Local Leaders Just Gained a New Tool to Address Inequality

Cross-posted from Rooflines, the Shelterforce Blog

A new Brookings Institution analysis confirms what we are feeling: inequality continues to climb in cities, and large income gains at the top are not lifting up incomes near the bottom. In the face of such inequitable growth, cities need to use every tool at their disposal to connect their low-income residents to good jobs that offer opportunities to move up those rungs. One piece of good news is that the federal transportation department made a big move to expand that toolkit earlier this month by launching a new Local Hire pilot program.
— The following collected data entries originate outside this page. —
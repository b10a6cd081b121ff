// Whether a trace keeps the law.

/// Whether the lines of a trace are those of a lawful log.
#[derive(Clone, Copy)]
pub enum Verdict {
    /// They are: how many lines there are.
    Yes(u64),
    /// They are not: the number of the first line, from 1, with which the lines up to it are those of no lawful log.
    No(u64),
}
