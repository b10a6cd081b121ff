// An ordered set of texts.
ghost use Rattle.std.specs.Prelude.{◌≡◌, ◌++◌, ◌∷◌, [], false, if◌then◌else◌, bytes_eq, filter, not, IfOk, OnOk};
ghost use Rattle.std.specs.List.{list_any};

use ce_base::{NoMemory, Text, Texts};
use std::alloc::Global;
use std::collections::BTreeMap;
use std::marker::Model;

/// An ordered set of texts (Infra Standard, section "Ordered sets"). A contract sees them in the order of adding. Each
/// has a place, and the places rise; a second map finds the place of a text.
#[derive(Drop)]
pub struct TextSet {
    texts: BTreeMap<u64, Text>,
    places: BTreeMap<String, u64>,
    next: u64,
}

impl Model for TextSet {
    ghost use Rattle.std.specs.Prelude.{ℕ, List};
    ghost use Rattle.std.specs.Map.{values_of};
    ghost use Rattle.ordered_tables.specs.Found.{Finds};

    ghost Value = { List (List ℕ) };

    ghost view = { λ s. values_of s.texts.entries };

    ghost invariant = { λ s. Finds (λ t. t) s.texts s.places s.next };
}

impl TextSet {
    /// The set of no text.
    pub fn make(alloc: Global) -> TextSet
        ensures { result ≡ [] }
    {
        TextSet {
            texts: BTreeMap::new(alloc),
            places: BTreeMap::new(alloc),
            next: 0,
        }
    }

    /// Whether a text is in the set (Infra Standard, section "Lists", "contain").
    pub fn has(&self, s: &str) -> bool
        ensures { result ≡ list_any (bytes_eq s.now) self.now }
    {
        self.places.contains_key(s)
    }

    /// Adds a text behind the others; one that is there stays where it is (Infra Standard, section "Ordered sets",
    /// "append"). NoMemory: memory was refused, or no place is left.
    pub fn add(&mut self, alloc: Global, t: Text) -> Result<(), NoMemory>
        ensures { OnOk result (self.new ≡ (if list_any (bytes_eq t) self.old then self.old else self.old ++ t ∷ [])) }
    {
        if self.has(t.as_str()) {
            return Ok(());
        }
        self.push(alloc, t)
    }

    // Puts a text behind the others, which is not among them.
    fn push(&mut self, alloc: Global, t: Text) -> Result<(), NoMemory>
        requires { list_any (bytes_eq t) self.old ≡ false }
        ensures { OnOk result (self.new ≡ self.old ++ t ∷ []) }
    {
        let place = self.next;
        let Some(next) = place.checked_add(1) else {
            return Err(NoMemory);
        };
        let key = String::from_str(alloc, t.as_str())?;
        self.texts.insert(place, t)?;
        if let Err(_) = self.places.insert(key, place) {
            self.texts.remove(&place);
            return Err(NoMemory);
        }
        self.next = next;
        Ok(())
    }

    /// Removes a text, where it is there (Infra Standard, section "Lists", "remove"). It takes no memory.
    pub fn remove(&mut self, s: &str)
        ensures { self.new ≡ filter (λ t. not (bytes_eq t s.now)) self.old }
    {
        let Some(place) = self.places.remove(s) else {
            return;
        };
        self.texts.remove(&place);
    }

    /// Removes all texts (Infra Standard, section "Lists", "empty"). It takes no memory.
    pub fn clear(&mut self)
        ensures { self.new ≡ [] }
    {
        self.texts.clear();
        self.places.clear();
        self.next = 0;
    }

    /// The texts as a list, in the order of adding. NoMemory: memory was refused.
    pub fn listed(&self, alloc: Global) -> Result<Texts, NoMemory>
        ensures { IfOk result (λ ts. ts ≡ self.now) }
    {
        let mut list = Texts::make(alloc);
        for text in self.texts.values() {
            list.push(alloc, text.copy(alloc)?)?;
        }
        Ok(list)
    }
}
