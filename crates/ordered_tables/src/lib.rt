//! Tables that find what is asked of them without going through a list: ordered sets and ordered maps of texts (Infra Standard,
//! sections "Ordered sets" and "Ordered maps"), elements by their ids (DOM Standard, section "Interface Element", "ID"), and
//! sets of nodes in the order of their numbers.
#![tactic(auto)]

mod id_index;
mod node_set;
mod text_map;
mod text_set;

pub use id_index::IdIndex;
pub use node_set::NodeSet;
pub use text_map::TextMap;
pub use text_set::TextSet;
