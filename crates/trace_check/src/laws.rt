// What holds of verdicts: statements, each the contract of a function that does nothing.
ghost use Rattle.std.specs.Prelude.{◌≡◌, ℕ, List, ◌++◌};
ghost use Rattle.trace_check.specs.Traces.{AreLawful};
ghost use Rattle.trace_check.specs.Verdict.{IsVerdict};
ghost use Rattle.trace_check.specs.declared.verdict.Verdict.{Verdict};

use order_law::each_front_is_lawful;

/// A trace may be cut off behind any of its lines: where its lines are those of a lawful log, so are those of each front.
#[tactic(auto, using(crate::proofs::TraceLaws::front_lawful))]
pub fn each_front_of_a_trace_is_lawful()
    ensures { (front rest : List (List ℕ)) → AreLawful (front ++ rest) → AreLawful front }
{
    each_front_is_lawful();
}

/// Lines have one verdict at most.
#[tactic(auto, using(crate::proofs::VerdictLaws::one_verdict))]
pub fn each_trace_has_one_verdict()
    ensures { (lines : List (List ℕ)) (v w : Verdict) → IsVerdict v lines → IsVerdict w lines → v ≡ w }
{
    each_front_of_a_trace_is_lawful();
}
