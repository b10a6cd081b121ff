// A whole check, from the words and the source to the sink and a status.
ghost use Rattle.std.specs.Prelude.{◌≡◌, ◌↔◌, ◌≤◌, ◌<◌, length, vec_len, Some, List, ℕ};
ghost use Rattle.ce_base.specs.Faults.{Rose};
ghost use Rattle.trace_check.specs.Table.{CheckMeets, ChecksWhole, limit};

use crate::CheckStatus;
use crate::telling::tell_verdict;
use ce_base::{NoMemory, Read, Sink, Source, read_all};
use std::alloc::Global;

// How many bytes a trace may have.
const LIMIT: usize = 67_108_864;

/// Checks the trace that the source gives against the law of order, and writes the verdict to the sink: `lawful` and how
/// many lines there are, or `unlawful` and the number of the first line with which they are those of no lawful log. The
/// source is read to its end first.
///
/// Usage comes exactly where there is any word, and then nothing is read or written. Lawful and Unlawful: the source gave
/// its end within 67,108,864 bytes, and the verdict was written whole. ReadFault: a read failed, and the source's count of
/// faults rose. TooLong: the source gave more bytes. With both nothing was written. WriteFault: a write failed, and the
/// sink's count of faults rose. NoMemory: memory was refused. With both a front of the verdict was written, or nothing.
pub fn check_run<S: Source, K: Sink>(
    alloc: Global,
    words: &Vec<String>,
    source: &mut S,
    sink: &mut K,
) -> CheckStatus
    ensures usage { (result ≡ CheckStatus.Usage) ↔ (0 < vec_len words.now) }
    ensures untouched { result ≡ CheckStatus.Usage → (source.new ≡ source.old) × (sink.new ≡ sink.old) }
    ensures table { CheckMeets result (S.left source.old) (S.left source.new) (K.held sink.old) (K.held sink.new)
        (S.ended source.new) (S.failed source.old) (S.failed source.new) (K.failed sink.old) (K.failed sink.new) }
    ensures later { (S.failed source.old ≤ S.failed source.new) × (K.failed sink.old ≤ K.failed sink.new) }

    // A fault that was counted is the status: a read that failed is not tried again, nor a failed write told as want of memory.
    ensures read_fault { S.failed source.old < S.failed source.new → result ≡ CheckStatus.ReadFault }
    ensures write_fault { K.failed sink.old < K.failed sink.new → result ≡ CheckStatus.WriteFault }

    // A trace that ends within the limit is judged, unless a count of faults rises or memory is refused.
    ensures complete { (trace : List ℕ) → vec_len words.now ≡ 0 → S.left source.old ≡ Some trace → length trace ≤ limit
        → ¬ Rose (S.failed source.old) (S.failed source.new) → ¬ Rose (K.failed sink.old) (K.failed sink.new)
        → ChecksWhole trace result (K.held sink.old) (K.held sink.new) }
{
    if !words.is_empty() {
        return CheckStatus::Usage;
    }
    match read_all(alloc, source, LIMIT) {
        Err(NoMemory) => CheckStatus::NoMemory,
        Ok(Read::Failed) => CheckStatus::ReadFault,
        Ok(Read::TooLong) => CheckStatus::TooLong,
        Ok(Read::Whole(bytes)) => CheckStatus::of(tell_verdict(alloc, bytes.as_slice(), sink)),
    }
}
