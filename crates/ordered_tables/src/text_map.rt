// An ordered map of texts.
ghost use Rattle.std.specs.Prelude.{◌≡◌, ◌++◌, ◌∷◌, [], None, length, option_copied, IfOk, OnOk, OnErr};
ghost use Rattle.std.specs.Option.{option_map};
ghost use Rattle.node_trees.specs.Facts.{value_in, with_value, without_value};

use ce_base::{NoMemory, Text};
use std::alloc::Global;
use std::collections::BTreeMap;
use std::marker::Model;

/// An ordered map of texts (Infra Standard, section "Ordered maps"). A contract sees the list of its names with their
/// values, in the order in which they came in. Each has a place, and the places rise; a second map finds the place of a name.
#[derive(Drop)]
pub struct TextMap {
    pairs: BTreeMap<u64, (Text, Text)>,
    places: BTreeMap<String, u64>,
    next: u64,
}

impl Model for TextMap {
    ghost use Rattle.std.specs.Prelude.{ℕ, List};
    ghost use Rattle.std.specs.Map.{values_of};
    ghost use Rattle.ordered_tables.specs.Found.{Finds};

    ghost Value = { List (List ℕ × List ℕ) };

    ghost view = { λ m. values_of m.pairs.entries };

    ghost invariant = { λ m. Finds (λ a. a.0) m.pairs m.places m.next };
}

// The value of a pair, where there is one.
fn value_of(pair: Option<(Text, Text)>) -> Option<Text>
    ensures { result ≡ option_map (λ a. a.1) pair }
{
    match pair {
        None => None,
        Some((_, value)) => Some(value),
    }
}

impl TextMap {
    /// The map of no name.
    pub fn make(alloc: Global) -> TextMap
        ensures { result ≡ [] }
    {
        TextMap {
            pairs: BTreeMap::new(alloc),
            places: BTreeMap::new(alloc),
            next: 0,
        }
    }

    /// How many names there are (Infra Standard, section "Ordered maps", "size").
    pub fn len(&self) -> usize
        ensures { result ≡ length self.now }
    {
        self.pairs.len()
    }

    /// The value of a name (Infra Standard, section "Ordered maps", "get the value"). None exactly where it is not
    /// there.
    pub fn get(&self, name: &str) -> Option<&str>
        ensures { option_copied result ≡ value_in self.now name.now }
    {
        let place = self.places.get(name)?;
        let pair = self.pairs.get(place)?;
        Some(pair.1.as_str())
    }

    /// Sets a value and answers the old one (Infra Standard, section "Ordered maps", "set the value"). A name that is
    /// there keeps its place, another comes last. NoMemory: memory was refused, or no place is left.
    pub fn set(&mut self, alloc: Global, name: Text, value: Text) -> Result<Option<Text>, NoMemory>
        ensures ok { OnOk result (self.new ≡ with_value name value self.old) }
        ensures was { IfOk result (λ old. old ≡ value_in self.old name) }
        ensures err { OnErr result (self.new ≡ self.old) }
    {
        let Some(&place) = self.places.get(name.as_str()) else {
            self.push(alloc, name, value)?;
            return Ok(None);
        };
        let old = self.pairs.insert(place, (name, value))?;
        Ok(value_of(old))
    }

    // Puts a name with its value behind the others, which is not among them.
    fn push(&mut self, alloc: Global, name: Text, value: Text) -> Result<(), NoMemory>
        requires { value_in self.old name ≡ None }
        ensures ok { OnOk result (self.new ≡ self.old ++ (name, value) ∷ []) }
        ensures err { OnErr result (self.new ≡ self.old) }
    {
        let place = self.next;
        let Some(next) = place.checked_add(1) else {
            return Err(NoMemory);
        };
        let key = String::from_str(alloc, name.as_str())?;
        self.pairs.insert(place, (name, value))?;
        if let Err(_) = self.places.insert(key, place) {
            self.pairs.remove(&place);
            return Err(NoMemory);
        }
        self.next = next;
        Ok(())
    }

    /// Removes a name and answers its value (Infra Standard, section "Ordered maps", "remove an entry"). None exactly
    /// where it is not there. It takes no memory.
    pub fn remove(&mut self, name: &str) -> Option<Text>
        ensures left { self.new ≡ without_value name.now self.old }
        ensures was { result ≡ value_in self.old name.now }
        ensures gone { value_in self.new name.now ≡ None }
    {
        let place = self.places.remove(name)?;
        value_of(self.pairs.remove(&place))
    }

    /// A copy of the names and values, in the order in which they came in. NoMemory: memory was refused.
    pub fn listed(&self, alloc: Global) -> Result<Vec<(Text, Text)>, NoMemory>
        ensures { IfOk result (λ list. list.items ≡ self.now) }
    {
        let mut list = Vec::new(alloc);
        for pair in self.pairs.values() {
            list.push((pair.0.copy(alloc)?, pair.1.copy(alloc)?))?;
        }
        Ok(list)
    }
}
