// The index of ids.
ghost use Rattle.std.specs.Prelude.{◌≡◌, ◌&&◌, ◌||◌, ◌==◌, ℕ, List, false, not, bytes_eq, is_some, OnOk, OnErr};
ghost use Rattle.std.specs.Option.{option_map_or};
ghost use Rattle.std.specs.Ordering.{nat_cmp};
ghost use Rattle.std.specs.BTreeSet.{contains};
ghost use Rattle.ordered_tables.specs.Held.{is_held, is_known};

use ce_base::{NoMemory, NodeNo};
use std::alloc::Global;
use std::collections::{BTreeMap, BTreeSet};

/// For each id the nodes that were noted for it.
#[derive(Drop)]
pub struct IdIndex {
    groups: BTreeMap<String, BTreeSet<u64>>,
}

impl IdIndex {
    /// An index of no node.
    pub fn make(alloc: Global) -> IdIndex
        ensures none { (id : List ℕ) (m : ℕ) → is_held result id m ≡ false }
        ensures unknown { (id : List ℕ) → is_known result id ≡ false }
    {
        IdIndex {
            groups: BTreeMap::new(alloc),
        }
    }

    /// The nodes that are noted for an id. None exactly where it is not known.
    pub fn group(&self, id: &str) -> Option<&BTreeSet<u64>>
        ensures known { is_some result ≡ is_known self.now id.now }
        ensures held { (m : ℕ) → option_map_or (λ s. contains nat_cmp s.now m) result false ≡ is_held self.now id.now m }
    {
        self.groups.get(id)
    }

    /// Notes a node for an id, which is known from then on. NoMemory: memory was refused, and nothing has changed.
    pub fn add(&mut self, alloc: Global, id: &str, node: NodeNo) -> Result<(), NoMemory>
        ensures ok { OnOk result ((q : List ℕ) (m : ℕ) → is_held self.new q m ≡ (is_held self.old q m || (bytes_eq id.now q && node == m))) }
        ensures known { OnOk result ((q : List ℕ) → is_known self.new q ≡ (is_known self.old q || bytes_eq id.now q)) }
        ensures err { OnErr result ((q : List ℕ) (m : ℕ) → is_held self.new q m ≡ is_held self.old q m) }
        ensures unlearned { OnErr result ((q : List ℕ) → is_known self.new q ≡ is_known self.old q) }
    {
        if let Some(group) = self.groups.get_mut(id) {
            group.insert(node.0)?;
            return Ok(());
        }
        let mut group = BTreeSet::new(alloc);
        group.insert(node.0)?;
        let key = String::from_str(alloc, id)?;
        self.groups.insert(key, group)?;
        Ok(())
    }

    /// Notes a node for an id no more. The id stays known.
    pub fn leave(&mut self, id: &str, node: NodeNo)
        ensures held { (q : List ℕ) (m : ℕ) → is_held self.new q m ≡ (is_held self.old q m && not (bytes_eq id.now q && node == m)) }
        ensures known { (q : List ℕ) → is_known self.new q ≡ is_known self.old q }
    {
        if let Some(group) = self.groups.get_mut(id) {
            group.remove(&node.0);
        }
    }

    /// Notes a node for an id no more. The id is forgotten where no node is noted for it now, and no other id is.
    pub fn remove(&mut self, id: &str, node: NodeNo)
        ensures held { (q : List ℕ) (m : ℕ) → is_held self.new q m ≡ (is_held self.old q m && not (bytes_eq id.now q && node == m)) }
        ensures forgotten { ((m : ℕ) → is_held self.new id.now m ≡ false) → is_known self.new id.now ≡ false }
        ensures others { (q : List ℕ) → bytes_eq id.now q ≡ false → is_known self.new q ≡ is_known self.old q }
    {
        let Some(group) = self.groups.get_mut(id) else {
            return;
        };
        group.remove(&node.0);
        if group.is_empty() {
            self.groups.remove(id);
        }
    }
}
As Laura Barrett has written about on this blog, local/targeted hire is a no-brainer. In short, it’s a no-cost way for local leaders to connect unemployed or underemployed people in their communities to the growing pool of quality jobs being created by transportation investments. Los Angeles, Denver, Atlanta and many other regions are ponying up billions of dollars to build 21st century transit systems, and every $1 billion they spend will translate into some 50,000 jobs. There will also be many replacement job openings in transportation in coming years, since a large share of transportation workers are nearing retirement age. Transportation jobs are generally good “middle-skill” jobs that pay well and provide benefits (largely because of high levels of unionization), and are available to people who have some level of postsecondary training but not necessarily a college degree. But despite the potential for transportation jobs to expand economic mobility, women and people of color—especially African Americans—have long been underrepresented in the sector’s middle-skill jobs, and locked out of jobs on the transit lines and roads being built right in their own communities.
 
Forward-thinking cities and states, prompted by community advocates and organizers, have used local and targeted hiring policies to connect local residents, low-income residents, and other disadvantaged groups like people with criminal records, to the jobs being created through their public investments. These are classic local equitable development policy innovations that have been shown to work, particularly when they are combined with strategies to open up apprenticeships to underserved workers. But for more than forty years, federal policies blocked cities and states from requiring local hiring on projects funded with federal transportation dollars. This prohibition was put in place when transportation projects were 80 percent federally-funded out of a fear of unfair competition, and has remained there even though the funding mix has shifted and local funding now dominates.
 
The pilot program lifts this archaic policy for a year, allowing transit agencies to test out local hiring. This is a tremendous win for the Transportation Equity Caucus and many other advocacy groups who’ve long pushed to remove this barrier and leverage our transportation investments to expand access, mobility, and opportunity for all. (Full disclosure: PolicyLink is the co-convener of the Equity Caucus)
 
Early results from Los Angeles illustrate the potential of local hire. Thanks to fierce advocacy from former mayor Antonio Villaraigosa, the county secured approval in 2012 to include local and targeted hiring in a project labor agreement and construction careers policy that now covers 12 transit expansion projects. It requires that 40 percent of the work hours go to workers living in economically disadvantaged zip codes, that 10 percent of the hours go to disadvantaged workers (such as the chronically unemployed, homeless, single parents, veterans, and people with criminal records), and that 20 percent of the hours go to apprentices. The policy is now being applied on the $2 billion, 8.5-mile Crenshaw/LAX Transit Corridor Project light rail line through South LA, and reports from November 2014 show that the contractor is exceeding the requirements, with 58 percent participation from workers living in economically disadvantaged zip codes.
 
Mayors, council members, and other local leaders who want to take action to reduce inequality should take up the transportation agency on their trial offer (and share your support for the program here). While inequality is largely the result of federal and state policies and global economic trends, there is a lot that local leaders can do to address the high unemployment and stagnant wages contributing to the rising gaps between their rich and poor. Targeted employment strategies are also crucial to reducing the widening gap between wages and housing costs in many of the same cities where inequality is high and rising.
 
Doing everything possible to connect residents left out of the recovery to good job opportunities is a key part of the local equitable growth agenda that cities need to be implementing. It is not enough—they also need to be growing new good jobs through smart entrepreneurship and economic development policies and raising the floor on low-wage jobs—but it is a crucial leg of the “all-in cities” stool.